I always thought that saying sorry was an admission of failure and a weakness, something to be avoided at all costs and derided when others said it. This was definitely learnt and reinforced at home and school. So, as a child I became artful at avoiding saying sorry, mastering all sorts of defensive and deceitful strategies simply to not say sorry, admit defeat or have my pride dented in any way.
This pattern of behaviour was fully entrenched by the time I reached adulthood and I can think of numerous situations when a mistake I had made was exposed and I would go into full ducking and diving mode, working fast to devise a way to divert the problem onto someone or something else.
What is flashing up for me now as I write is that this is what led to, or founded, my mastery of shirking responsibility.
Quite recently I have re-explored this – asking myself some pertinent and important questions.
This has come about because I started to notice that I am now saying sorry with ease; that it feels great and very opening in the relationship with the person I am saying sorry to and that, instead of reducing me in shame, it is freeing me from patterns of self-criticism and self-loathing.

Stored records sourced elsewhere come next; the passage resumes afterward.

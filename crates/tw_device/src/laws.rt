//! Laws of the types of this crate, each the contract of a function that does nothing.

ghost use Rattle.tw_input.specs.Equality.{ComparesValues};
ghost use Rattle.tw_device.specs.Deeds.{DeedsAreSent, DoneIsSent, FailuresAreCounted};
ghost use Rattle.tw_device.specs.Keys.{AskedIsTyped};
ghost use Rattle.tw_device.specs.Pieces.{PiecesDoNotMatter};
ghost use Rattle.tw_device.specs.Typed.{NoneIsLost};

use crate::escape::Escape;
use crate::keys::SourceState;
use crate::pasted::Pasted;
use std::io::{Read, Write};

/// `==` is equality of values.
pub fn equality()
    ensures states { ComparesValues ⟦<SourceState as PartialEq>⟧.eq }
    ensures pasted { ComparesValues ⟦<Pasted as PartialEq>⟧.eq }
    ensures escapes { ComparesValues ⟦<Escape as PartialEq>⟧.eq }
{}

/// Unread bytes plus bytes read equal bytes taken plus bytes left unread. What was read is what the reader gave, and the
/// events are those of the bytes taken.
#[tactic(auto, using(crate::proofs::TypedLemmas::none_is_lost))]
pub fn typing()
    ensures { NoneIsLost }
{}

/// Where an ESC alone waits, how bytes come makes no difference: once all that came are taken, what was told is what
/// they tell all at once.
#[tactic(auto, using(crate::proofs::PieceLemmas::pieces_do_not_matter))]
pub fn pieces()
    ensures { PiecesDoNotMatter }
{}

/// What calls of a reader of keys told is what its bytes tell, one call after the other, and no byte is lost (`typing`).
pub fn typed<R: Read>()
    ensures { AskedIsTyped R.remaining }
{}

/// What is written is what was written before, and then the bytes of the deeds one after the other, where no batch was
/// refused; none was where no failure was counted. So of steps whose events tell no other number of columns a terminal
/// has written the bytes of the batches that were taken.
pub fn deeds<W: Write>()
    ensures sent { DeedsAreSent W.contents }
    ensures counted { FailuresAreCounted W.contents }
    ensures done { DoneIsSent W.contents }
{}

I have found there is no shame in saying sorry – no abject apologising that leaves me less than the person I am apologising to – simply honesty, which comes with the humbleness and willingness to learn from mistakes.
I no longer want to shirk responsibility. I no longer want to avoid saying sorry.
And whilst these may appear small changes in my life, they are part of a bigger picture that has come about as I have worked with The Way of The Livingness – a way of life that empowers everyone to know that they are in their own driving seats, not only masters of their own lives but an integral, essential part of humanity and all of our wellbeing.
Inspired by Serge Benhayon, who introduced me to The Way of The Livingness 9 years ago. I had absolutely no idea how life-changing this was going to be. Simple and practical, the teachings have transformed every area of my life and for this I am hugely grateful.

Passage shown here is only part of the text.